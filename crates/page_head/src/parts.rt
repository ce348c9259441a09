ghost use Rattle.std.specs.Prelude.{◌≡◌, ◌≢◌, ◌<◌, ◌≤◌, ◌+◌, ◌*◌, ℕ, length};
ghost use Rattle.ssd_geo.specs.Coding.{word_bytes_in};
ghost use Rattle.ssd_geo.specs.Limits.{code_bytes_of, parity_bytes_of, part_bytes_of, payload_bytes_of};
ghost use Rattle.ssd_geo.specs.PageWord.{code_in};
ghost use Rattle.ssd_geo.specs.Shape.{sizes_of};

use ssd_geo::Shape;

// Where a codeword stands in a page's word: its part and its parity, each with its first byte and
// its length.
#[derive(Clone, Copy)]
struct Standing {
    part: usize,
    part_bytes: usize,
    parity: usize,
    parity_bytes: usize,
}

fn standing_of(shape: &Shape, f: u8) -> Standing
    requires { f < shape.now.words }
    ensures part { result.part ≡ f * part_bytes_of (sizes_of shape.now) }
    ensures part_bytes { result.part_bytes ≡ part_bytes_of (sizes_of shape.now) }
    ensures parity { result.parity
        ≡ payload_bytes_of (sizes_of shape.now) + f * parity_bytes_of (sizes_of shape.now) }
    ensures parity_bytes { result.parity_bytes ≡ parity_bytes_of (sizes_of shape.now) }
    ensures code { result.part_bytes + result.parity_bytes ≡ code_bytes_of (sizes_of shape.now) }
    ensures in_order { result.part + result.part_bytes ≤ result.parity }
    ensures within { result.parity + result.parity_bytes ≤ word_bytes_in shape.now }
{
    let part_bytes = (shape.nb - shape.mb) as usize * shape.z as usize / 8;
    let parity_bytes = shape.code_bytes() - part_bytes;
    Standing {
        part: f as usize * part_bytes,
        part_bytes,
        parity: shape.payload_bytes() + f as usize * parity_bytes,
        parity_bytes,
    }
}

/// Takes a codeword out of a page's word.
pub fn part_into(shape: &Shape, word: &[u8], part: u8, out: &mut [u8])
    requires word { length word.now ≡ word_bytes_in shape.now }
    requires part { part < shape.now.words }
    requires out { length out.old ≡ code_bytes_of (sizes_of shape.now) }
    ensures { out.new ≡ code_in (sizes_of shape.now) word.now part }
{
    let at = standing_of(shape, part);
    let (front, back) = out.split_at_mut(at.part_bytes);
    front.copy_from_slice(&word[at.part..at.part + at.part_bytes]);
    back.copy_from_slice(&word[at.parity..at.parity + at.parity_bytes]);
}

/// Puts a codeword into its place of a page's word, and leaves the others as they are.
pub fn put_part(shape: &Shape, code: &[u8], part: u8, word: &mut [u8])
    requires code { length code.now ≡ code_bytes_of (sizes_of shape.now) }
    requires part { part < shape.now.words }
    requires word { length word.old ≡ word_bytes_in shape.now }
    ensures put { code_in (sizes_of shape.now) word.new part ≡ code.now }
    ensures others { (f : ℕ) → f < shape.now.words → f ≢ part
        → code_in (sizes_of shape.now) word.new f ≡ code_in (sizes_of shape.now) word.old f }
    ensures length { length word.new ≡ length word.old }
{
    let at = standing_of(shape, part);
    word[at.part..at.part + at.part_bytes].copy_from_slice(&code[..at.part_bytes]);
    word[at.parity..at.parity + at.parity_bytes].copy_from_slice(&code[at.part_bytes..]);
}
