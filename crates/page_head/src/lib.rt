//! The head that tells a page from any other, and the places of its codewords: the head is put before a page's data bytes,
//! and taken off a word that was read; a codeword is taken out of a page's word, and put into it. It knows no code and no
//! cells.
#![tactic(auto)]

mod parts;
mod payload;

pub use parts::{part_into, put_part};
pub use payload::{payload_into, payload_of};
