use super::ReadSource;
use crate::tests::Faulty;
use crate::{Failed, Source};

// A read that fails is counted and not made again; the next one works.
#[test]
fn a_failed_read_is_counted_once(rt: HostRuntime) {
    let mut source = ReadSource::new(Faulty {
        inner: b"ab".as_slice(),
        calls: 0,
        fails: 1,
    });
    let mut into = *b"--";
    assert_eq!(rt; source.read(&mut into), Err(Failed));
    assert_eq!(rt; source.faults, 1);
    assert_eq!(rt; source.read(&mut into), Ok(2));
    assert_eq!(rt; (source.faults, into), (1, *b"ab"));
}
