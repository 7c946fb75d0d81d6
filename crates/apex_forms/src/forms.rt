//! The canonical form of the processes: stamps by ranks, instants from the oldest release that
//! matters on, and nothing that does not matter.
ghost use Rattle.std.specs.Prelude.{◌≡◌, true, false, ◌+◌, ◌*◌, ◌<◌, ◌≤◌, length, pos};
ghost use Rattle.apex_types.specs.declared.limits.TheConstants.{MOST_PROCESSES};
ghost use Rattle.apex_machine.specs.processes.Periods.{HasNoFutureRelease, awaits_first};
ghost use Rattle.apex_machine.specs.processes.Roster.{record_at};
ghost use Rattle.apex_machine.specs.processes.Running.{is_older};
ghost use Rattle.apex_alike.specs.Canonical.{IsFit, age, canonical_record, canonical_roster, earlier, oldest_age, recent};
ghost use Rattle.apex_forms.specs.Terms.{Contest};
ghost use Rattle.apex_forms.specs.Forms.{AreContests, AreCounted, AreRanks, contest_of, form_of, moments_of, older_before, vie, with_form, with_forms, with_moments};

use apex_machine::{Queue, Record, Wait};
use apex_store::{PlainStore, Store};
use apex_types::{MOST_PROCESSES, Mode, ProcessId, Span};

/// What a process has in its canonical form in place of its own: its stamp, and the instants in
/// ticks of its due, its deadline and its last release.
#[derive(Clone, Copy)]
pub(crate) struct Moments {
    pub(crate) since: i64,
    pub(crate) due: Option<u64>,
    pub(crate) deadline: Option<u64>,
    pub(crate) release: u64,
}

/// What a process vies for: its core if it is eligible, or else its place in the queue in which it
/// is.
#[derive(Clone, Copy)]
pub(crate) enum Contest {
    Nothing,
    Core(u8),
    Queue(Queue),
}

/// What the process vies for.
fn contest_of(mode: Mode, fields: &Record) -> Contest
    ensures { result ≡ contest_of mode fields.now }
{
    if fields.is_eligible(mode) {
        return Contest::Core(fields.core.number());
    }
    match fields.queue() {
        Some(queue) => Contest::Queue(queue),
        None => Contest::Nothing,
    }
}

/// The two vie for one core or in one queue.
fn vie(one: &Contest, other: &Contest) -> bool
    ensures { result ≡ vie one.now other.now }
{
    match (one, other) {
        (Contest::Core(core), Contest::Core(other)) => other == core,
        (Contest::Queue(queue), Contest::Queue(other)) => queue == other,
        _ => false,
    }
}

/// The process vies for nothing: so it has no rivals.
fn is_alone(one: &Contest) -> bool
    ensures { result ≡ true → (other : Contest) → vie one.now other ≡ false }
{
    matches!(one, Contest::Nothing)
}

/// The process of the first record is longer in its queue.
fn is_older(fields: &Record, others: &Record) -> bool
    ensures { result ≡ is_older fields.now others.now }
{
    fields.since < others.since
}

/// Puts what each process vies for.
fn put_contests(store: &PlainStore, contests: &mut [Contest; MOST_PROCESSES])
    ensures { AreContests store.now contests.new (length store.now.records) }
{
    let mode = store.mode();
    for place in 0..store.process_count() {
        contests[place] = contest_of(mode, store.record(ProcessId::at(place as u8)));
    }
}

/// The number of processes before this place that are older rivals of the one there, which is
/// counted as an older rival of the others that vie with it.
fn older_rivals(
    store: &PlainStore,
    contests: &[Contest; MOST_PROCESSES],
    ranks: &mut [u64; MOST_PROCESSES],
    place: usize,
) -> u64
    requires known { place < length store.now.records }
    requires few { length store.now.records ≤ MOST_PROCESSES }
    requires contests { AreContests store.now contests.now (length store.now.records) }
    requires ranks { AreCounted store.now ranks.old place place }
    ensures value { result ≡ older_before store.now place place }
    ensures ranks { AreCounted store.now ranks.new place (place + 1) }
{
    let one = contests[place];
    if is_alone(&one) {
        return 0;
    }
    let fields = store.record(ProcessId::at(place as u8));
    let mut older = 0;
    for other in 0..place {
        if vie(&one, &contests[other]) {
            let others = store.record(ProcessId::at(other as u8));
            if is_older(others, fields) {
                older += 1;
            } else if is_older(fields, others) {
                ranks[other] += 1;
            }
        }
    }
    older
}

/// Puts the ranks of all processes: of each one the number of rivals with older stamps.
pub(crate) fn put_ranks(store: &PlainStore, ranks: &mut [u64; MOST_PROCESSES])
    ensures { AreRanks store.now ranks.new }
{
    let mut contests = [Contest::Nothing; MOST_PROCESSES];
    put_contests(store, &mut contests);
    for place in 0..store.process_count() {
        ranks[place] = older_rivals(store, &contests, ranks, place);
    }
}

/// The process waits for its first release since its start.
fn awaits_first(wait: &Option<Wait>) -> bool
    ensures { result ≡ awaits_first wait.now }
{
    matches!(wait, Some(Wait::Normal(_)) | Some(Wait::Start))
}

/// The ticks since a release, as far as they matter at this period.
fn recent(ticks: u64, period: Option<Span>) -> u64
    ensures value { result ≡ recent ticks period }
    ensures range { result ≤ ticks }
{
    let Some(period) = period else {
        return 0;
    };
    let period = u64::from(period.ticks());
    if period < ticks {
        period + 1 + (ticks - (period + 1)) % period
    } else {
        ticks
    }
}

/// The age of the process's last release at this time, in ticks: 0 if it does not matter.
fn age(now: u64, fields: &Record) -> u64
    requires { fields.now.release ≤ now }
    ensures value { result ≡ age now fields.now }
    ensures range { result ≤ now }
{
    if fields.started && !awaits_first(&fields.wait) {
        recent(now - fields.release, fields.attributes.period)
    } else {
        0
    }
}

/// The greatest age of a release.
pub(crate) fn oldest_age(store: &PlainStore) -> u64
    requires { HasNoFutureRelease store.now }
    ensures value { result ≡ oldest_age store.now.now store.now.records }
    ensures range { result ≤ store.now.now }
{
    let mut oldest = 0;
    for place in 0..store.process_count() {
        let fields = store.record(ProcessId::at(place as u8));
        oldest = age(store.now(), fields).max(oldest);
    }
    oldest
}

/// The instant, this many ticks earlier.
fn earlier(ticks: u64, instant: &Option<u64>) -> Option<u64>
    ensures { result ≡ earlier ticks instant.now }
{
    match instant {
        Some(instant) => Some(instant.saturating_sub(ticks)),
        None => None,
    }
}

/// The stamp of the process at this place among as many as `count`, by its rank.
fn stamp(rank: u64, count: usize, place: usize) -> i64
    requires rank { rank ≤ MOST_PROCESSES }
    requires count { count ≤ MOST_PROCESSES }
    requires place { place < count }
    ensures { result ≡ pos (1 + (rank * count + place)) }
{
    (1 + (rank * count as u64 + place as u64)) as i64
}

/// The next stamp once this many processes have theirs.
fn next_stamp(count: usize) -> i64
    requires { count ≤ MOST_PROCESSES }
    ensures { result ≡ pos (1 + (count + 1) * count) }
{
    (1 + (count as u64 + 1) * count as u64) as i64
}

/// What the canonical record of a process has in place of its own, at this stamp and time in ticks.
#[inline(always)]
fn moments_of(store: &PlainStore, fields: &Record, since: i64, now: u64) -> Moments
    requires release { fields.now.release ≤ store.now.now }
    requires age { age store.now.now fields.now ≤ now }
    requires now { now ≤ store.now.now }
    ensures { result ≡ moments_of store.now since now fields.now }
{
    let ticks = store.now() - now;
    Moments {
        since,
        due: earlier(ticks, &fields.due),
        deadline: earlier(ticks, &fields.deadline),
        release: now - age(store.now(), fields),
    }
}

/// The canonical record of a process that has this one, at this stamp and time in ticks.
fn form_of(store: &PlainStore, fields: &Record, since: i64, now: u64) -> Record
    requires release { fields.now.release ≤ store.now.now }
    requires age { age store.now.now fields.now ≤ now }
    requires now { now ≤ store.now.now }
    ensures { result ≡ form_of store.now since now fields.now }
{
    let moments = moments_of(store, fields, since, now);
    Record {
        since: moments.since,
        due: moments.due,
        deadline: moments.deadline,
        release: moments.release,
        inbox: None,
        ..*fields
    }
}

/// The process has its canonical record from now on, at this stamp and time in ticks.
fn put_form(store: &mut PlainStore, process: ProcessId, since: i64, now: u64)
    requires known { process < length store.old.records }
    requires release { (record_at store.old process).release ≤ store.old.now }
    requires age { age store.old.now (record_at store.old process) ≤ now }
    requires now { now ≤ store.old.now }
    ensures { store.new ≡ with_form store.old process since now }
{
    let form = form_of(store, store.record(process), since, now);
    store.put(process, form);
}

/// The processes have their canonical records from now on, at this time in ticks.
fn put_forms(store: &mut PlainStore, ranks: &[u64; MOST_PROCESSES], now: u64)
    requires fit { IsFit store.old }
    requires ranks { AreRanks store.old ranks.now }
    requires now { now ≡ oldest_age store.old.now store.old.records }
    ensures { store.new ≡ with_forms store.old now }
{
    let count = store.process_count();
    for place in 0..count {
        let since = stamp(ranks[place], count, place);
        put_form(store, ProcessId::at(place as u8), since, now);
    }
}

/// What the canonical record of the process at this place, which has this record, has in place of
/// its own, at this time in ticks.
#[inline(always)]
pub(crate) fn canonical_moments(
    store: &PlainStore,
    fields: &Record,
    ranks: &[u64; MOST_PROCESSES],
    now: u64,
    place: usize,
) -> Moments
    requires known { place < length store.now.records }
    requires fields { fields.now ≡ record_at store.now place }
    requires fit { IsFit store.now }
    requires ranks { AreRanks store.now ranks.now }
    requires now { now ≡ oldest_age store.now.now store.now.records }
    ensures { with_moments fields.now result ≡ canonical_record store.now now place fields.now }
{
    let count = store.process_count();
    let since = stamp(ranks[place], count, place);
    moments_of(store, fields, since, now)
}

/// The processes have their canonical form from now on.
pub(crate) fn make_canonical(store: &mut PlainStore)
    requires { IsFit store.old }
    ensures { store.new ≡ canonical_roster store.old }
{
    let mut ranks = [0; MOST_PROCESSES];
    put_ranks(store, &mut ranks);
    let now = oldest_age(store);
    put_forms(store, &ranks, now);
    let young = next_stamp(store.process_count());
    store.set_clock(store.mode(), now, young, 0);
}
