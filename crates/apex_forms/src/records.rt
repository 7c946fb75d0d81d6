//! The words of a process.
ghost use Rattle.std.specs.Prelude.{◌≡◌};
ghost use Rattle.apex_forms.specs.Forms.{with_moments};
ghost use Rattle.apex_forms.specs.Records.{FitsRecord, byte_word, mark_word, record_words};
ghost use Rattle.apex_forms.specs.Codes.{code_of};

use crate::codes::{WaitCode, holding_word, instant_word, suspender_byte};
use crate::forms::Moments;
use apex_machine::Record;

/// The words of a process.
pub const RECORD_WORDS: usize = 11;

/// The first word of a process, with this code of its wait: bytes.
fn byte_word(fields: &Record, wait: &WaitCode) -> u64
    requires { wait.now ≡ code_of fields.now.wait }
    ensures { result ≡ byte_word fields.now }
{
    u64::from_le_bytes([
        fields.core.number(),
        fields.base,
        u8::from(fields.started),
        suspender_byte(fields.suspended),
        wait.kind,
        wait.place,
        fields.step,
        0,
    ])
}

/// The second word of a process that has these moments: marks.
fn mark_word(created: bool, fields: &Record, moments: Moments) -> u64
    ensures { result ≡ mark_word created (with_moments fields.now moments) }
{
    let (created, due, deadline) = (
        u8::from(created),
        u8::from(moments.due.is_some()),
        u8::from(moments.deadline.is_some()),
    );
    u64::from_le_bytes([created, due, deadline, 0, 0, 0, 0, 0])
}

/// The words of a process that has these moments in place of its own: a word of bytes and one of
/// marks, then those of its wait, its stamp, its due, its deadline, its release, and the mutexes that
/// it owns.
pub(crate) fn record_words(created: bool, fields: &Record, moments: Moments) -> [u64; RECORD_WORDS]
    requires { FitsRecord (with_moments fields.now moments) }
    ensures { result ≡ record_words created (with_moments fields.now moments) }
{
    let wait = WaitCode::of(&fields.wait);
    let owned = fields.owned.as_slice();
    [
        byte_word(fields, &wait),
        mark_word(created, fields, moments),
        wait.word,
        moments.since as u64,
        instant_word(moments.due),
        instant_word(moments.deadline),
        moments.release,
        holding_word(owned.get(0).copied()),
        holding_word(owned.get(1).copied()),
        holding_word(owned.get(2).copied()),
        holding_word(owned.get(3).copied()),
    ]
}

------------

_PROBLEM STATEMENT_: Scan the data above and copy each line containing the word "they".

_FINAL ANSWER_:
/// Puts a codeword into its place of a page's word, and leaves the others as they are.
/// The ticks since a release, as far as they matter at this period.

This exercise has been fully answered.